Орх зарычал-воскликнул:

— Старина Хорг всё ещё жив! Не думал, что услышу о нём. Он всё так же туп? Он всё так же убивает монстров? Это позорище берсерков, где ты встретил его, человек?

— Это было в пещере, — ответил я. — Хорг убил многонога, который хотел нас сожрать. Многоног тоже убил его, пробив ногами два сердца. Мы помогли ему, и он ожил. Наш друг получил ранение и Хорг забрал его с собой, пообещав вылечить.

— Хорг всё тот же калека, — берсерк Орх рыкнул с подвыванием. Наверное, это был смех. — Если ты увидишь Хорга, человек, передай ему от меня привет. Пусть заглянет ко мне в гости. Старина Орх, так и быть, устроит ему хороший приём. Ты меня порадовал, человек. А Хорг удивил. С чего он решил помогать людям?
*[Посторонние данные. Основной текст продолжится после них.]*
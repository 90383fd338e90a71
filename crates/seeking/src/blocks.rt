//! The values in the order in which they go through the queue, and with them the calls.

use crate::calls::NEVER;
use crate::items::Item;
use crate::ranks::{at, copies, count_below, keys};
use events::Entry;
use std::alloc::{AllocError, Global};
use words::Reply;

/// Values of one block, each list of them by a place: puts and takes by where they begin, and by where they end at the
/// latest; and how far each list was looked at.
#[derive(Drop)]
struct Block {
    by_put: Vec<(usize, usize)>,
    by_take: Vec<(usize, usize)>,
    ins: Vec<(usize, usize)>,
    outs: Vec<(usize, usize)>,
}

fn lists_of(alloc: Global, items: &[Item], numbers: &[usize]) -> Result<Block, AllocError> {
    let mut block = Block {
        by_put: Vec::with_capacity(alloc, numbers.len())?,
        by_take: Vec::with_capacity(alloc, numbers.len())?,
        ins: Vec::with_capacity(alloc, numbers.len())?,
        outs: Vec::with_capacity(alloc, numbers.len())?,
    };
    for number in numbers {
        if let Some(item) = items.get(*number) {
            block.by_put.push((item.put.begin, *number))?;
            block.by_take.push((item.out_from(), *number))?;
            block.ins.push((item.in_by(), *number))?;
            block.outs.push((item.out_by(), *number))?;
        }
    }
    block.by_put.sort()?;
    block.by_take.sort()?;
    block.ins.sort()?;
    block.outs.sort()?;
    Ok(block)
}

/// How far a list goes before the first value that is not gone, and the place of that one.
fn least(list: &[(usize, usize)], from: usize, gone: &[usize]) -> (usize, usize) {
    for number in from..list.len() {
        let pair = list[number];
        if at(gone, pair.1) == 0 {
            return (number, pair.0);
        }
    }
    (list.len(), NEVER)
}

/// Marks the values of a list up to a place, and those that are marked twice by now are ready.
fn mark(
    list: &[(usize, usize)],
    from: usize,
    below: usize,
    marks: &mut Vec<usize>,
    ready: &mut Vec<usize>,
) -> Result<usize, AllocError> {
    for place in from..list.len() {
        let (key, number) = list[place];
        if key >= below && below != NEVER {
            return Ok(place);
        }
        let count = at(marks, number).wrapping_add(1);
        crate::ranks::set(marks, number, count);
        if count == 2 {
            ready.push(number)?;
        }
    }
    Ok(list.len())
}

/// What the search for the order of a block has come to.
#[derive(Drop)]
struct Walk {
    ready: Vec<usize>,
    marked_puts: usize,
    marked_takes: usize,
    first_in: usize,
    first_out: usize,
}

impl Walk {
    /// Looks at the lists again, after one more value is gone.
    fn look(
        &mut self,
        block: &Block,
        gone: &[usize],
        marks: &mut Vec<usize>,
    ) -> Result<(), AllocError> {
        let (first_in, in_by) = least(&block.ins, self.first_in, gone);
        let (first_out, out_by) = least(&block.outs, self.first_out, gone);
        self.first_in = first_in;
        self.first_out = first_out;
        self.marked_puts = mark(
            &block.by_put,
            self.marked_puts,
            in_by,
            marks,
            &mut self.ready,
        )?;
        self.marked_takes = mark(
            &block.by_take,
            self.marked_takes,
            out_by,
            marks,
            &mut self.ready,
        )?;
        Ok(())
    }
}

/// Adds the values of a block in an order in which they can go through the queue, and says whether there is one.
fn add_block(
    alloc: Global,
    block: &Block,
    gone: &mut Vec<usize>,
    marks: &mut Vec<usize>,
    order: &mut Vec<usize>,
) -> Result<bool, AllocError> {
    let mut walk = Walk {
        ready: Vec::new(alloc),
        marked_puts: 0,
        marked_takes: 0,
        first_in: 0,
        first_out: 0,
    };
    for done in 0..block.by_put.len() {
        walk.look(block, gone.as_slice(), marks)?;
        let Some(number) = walk.ready.get(done).copied() else {
            return Ok(false);
        };
        crate::ranks::set(gone, number, 1);
        order.push(number)?;
    }
    Ok(true)
}

/// The values of each block: those that can be taken from a place up to the next moment only.
fn grouped(
    alloc: Global,
    items: &[Item],
    moments: &[usize],
) -> Result<Vec<(usize, usize)>, AllocError> {
    let mut pairs = Vec::with_capacity(alloc, items.len())?;
    for (number, item) in items.iter().enumerate() {
        pairs.push((count_below(moments, item.out_from()), number))?;
    }
    pairs.sort()?;
    Ok(pairs)
}

/// Entries, and the latest moments of the puts and the takes among them.
#[derive(Drop)]
struct Line {
    entries: Vec<Entry>,
    put: usize,
    take: usize,
}

impl Line {
    fn add(&mut self, place: usize, reply: Reply) -> Result<(), AllocError> {
        self.entries.push(Entry { place, reply })?;
        Ok(())
    }

    /// The moments of the puts and of the takes of some values, in turn.
    fn points(
        &mut self,
        alloc: Global,
        items: &[Item],
        numbers: &[usize],
    ) -> Result<Vec<(usize, usize)>, AllocError> {
        let mut points = Vec::with_capacity(alloc, numbers.len())?;
        for number in numbers {
            if let Some(item) = items.get(*number) {
                self.put = self.put.max(item.put.begin);
                self.take = self.take.max(item.out_from()).max(self.put);
                points.push((self.put, self.take))?;
            }
        }
        Ok(points)
    }

    /// The takes that come before a put at this moment.
    fn add_takes(
        &mut self,
        items: &[Item],
        numbers: &[usize],
        points: &[(usize, usize)],
        from: usize,
        before: usize,
    ) -> Result<usize, AllocError> {
        for place in from..points.len() {
            if points[place].1 >= before {
                return Ok(place);
            }
            if let Some(item) = items.get(at(numbers, place)) {
                if let Some(take) = item.take {
                    self.add(take.begin, Reply::Got(item.value))?;
                }
            }
        }
        Ok(points.len())
    }

    /// The calls on the values of a block.
    fn add_block(
        &mut self,
        alloc: Global,
        items: &[Item],
        numbers: &[usize],
    ) -> Result<(), AllocError> {
        let points = self.points(alloc, items, numbers)?;
        let mut taken = 0;
        for (place, number) in numbers.iter().enumerate() {
            let point = points.get(place).copied().unwrap_or((0, 0));
            taken = self.add_takes(items, numbers, &points, taken, point.0)?;
            if let Some(item) = items.get(*number) {
                self.add(item.put.begin, Reply::Done)?;
            }
        }
        self.add_takes(items, numbers, &points, taken, NEVER)?;
        Ok(())
    }

    /// The takes that found nothing at this moment.
    fn add_empties(
        &mut self,
        empties: &[(usize, usize)],
        from: usize,
        moment: usize,
    ) -> Result<usize, AllocError> {
        self.put = self.put.max(moment);
        self.take = self.take.max(moment);
        for number in from..empties.len() {
            let (at, place) = empties[number];
            if at != moment {
                return Ok(number);
            }
            self.add(place, Reply::Empty)?;
        }
        Ok(empties.len())
    }
}

/// Moments, each once.
pub(crate) fn once(alloc: Global, empties: &[(usize, usize)]) -> Result<Vec<usize>, AllocError> {
    let mut moments = keys(alloc, empties)?;
    moments.dedup();
    Ok(moments)
}

/// The numbers of the pairs from one place up to another.
fn numbers_of(
    alloc: Global,
    pairs: &[(usize, usize)],
    from: usize,
    to: usize,
) -> Result<Vec<usize>, AllocError> {
    let mut numbers = Vec::new(alloc);
    for place in from..to {
        numbers.push(pairs.get(place).copied().unwrap_or((0, 0)).1)?;
    }
    Ok(numbers)
}

/// The values on their way through the queue: which are gone, and how often each was marked; and the calls so far.
#[derive(Drop)]
struct Passage {
    gone: Vec<usize>,
    marks: Vec<usize>,
    line: Line,
}

impl Passage {
    fn begin(alloc: Global, count: usize) -> Result<Self, AllocError> {
        let line = Line {
            entries: Vec::new(alloc),
            put: 0,
            take: 0,
        };
        Ok(Passage {
            gone: copies(alloc, 0, count)?,
            marks: copies(alloc, 0, count)?,
            line,
        })
    }

    /// Lets the values of a block pass; whether all of them can.
    fn pass(
        &mut self,
        alloc: Global,
        items: &[Item],
        numbers: &[usize],
    ) -> Result<bool, AllocError> {
        let block = lists_of(alloc, items, numbers)?;
        let mut order = Vec::with_capacity(alloc, numbers.len())?;
        if !add_block(alloc, &block, &mut self.gone, &mut self.marks, &mut order)? {
            return Ok(false);
        }
        self.line.add_block(alloc, items, &order)?;
        Ok(true)
    }

    /// Lets all values pass, block by block, and behind each block the takes that found nothing at the next moment;
    /// whether all of them can.
    fn pass_all(
        &mut self,
        alloc: Global,
        items: &[Item],
        empties: &[(usize, usize)],
        moments: &[usize],
        pairs: &[(usize, usize)],
    ) -> Result<bool, AllocError> {
        let groups = keys(alloc, pairs)?;
        let mut from = 0;
        let mut answered = 0;
        for group in 0..moments.len().saturating_add(1) {
            let to = count_below(&groups, group.saturating_add(1));
            if !self.pass(alloc, items, &numbers_of(alloc, pairs, from, to)?)? {
                return Ok(false);
            }
            from = to;
            if let Some(moment) = moments.get(group) {
                answered = self.line.add_empties(empties, answered, *moment)?;
            }
        }
        Ok(true)
    }
}

/// An order of all calls that are known to have taken effect, if one is found.
pub(crate) fn ordered(
    alloc: Global,
    items: &[Item],
    empties: &[(usize, usize)],
) -> Result<Option<Vec<Entry>>, AllocError> {
    let moments = once(alloc, empties)?;
    let pairs = grouped(alloc, items, &moments)?;
    let mut passage = Passage::begin(alloc, items.len())?;
    if !passage.pass_all(alloc, items, empties, &moments, &pairs)? {
        return Ok(None);
    }
    Ok(Some(passage.line.entries))
}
Он их так ненавидел. Странно…

— За тушёнку, — рассказал я. — Хорг попросил принести ему консервированного мяса.

— Что это такое? Угрх, о чём он говорит? Это та химия, что люди притащили в наш мир? Я прав, Угрх?

Отшельник кивнул. Как-то виновато кивнул, не подняв взгляда и, кажется, уменьшившись в размере.

Орх со злостью провёл когтями по полу пещеры, оставив на нём глубокие борозды, и зарычал:

— Люди-проныры! Скоро они начнут дрессировать нас при помощи своей химии. Скажи мне, Угрх, ты тоже её пробовал? Порадуй старика! Ты же не пробовал её, да?

Угрх тихо ответил:

— Я пробовал… мне понравилось…

Орх вскочил и начал носится по пещере как заведённый. Он стал похож на ракету со сломанным стабилизатором. Я придвинулся поближе к костру. Если ненароком зацепит, то костей не соберу.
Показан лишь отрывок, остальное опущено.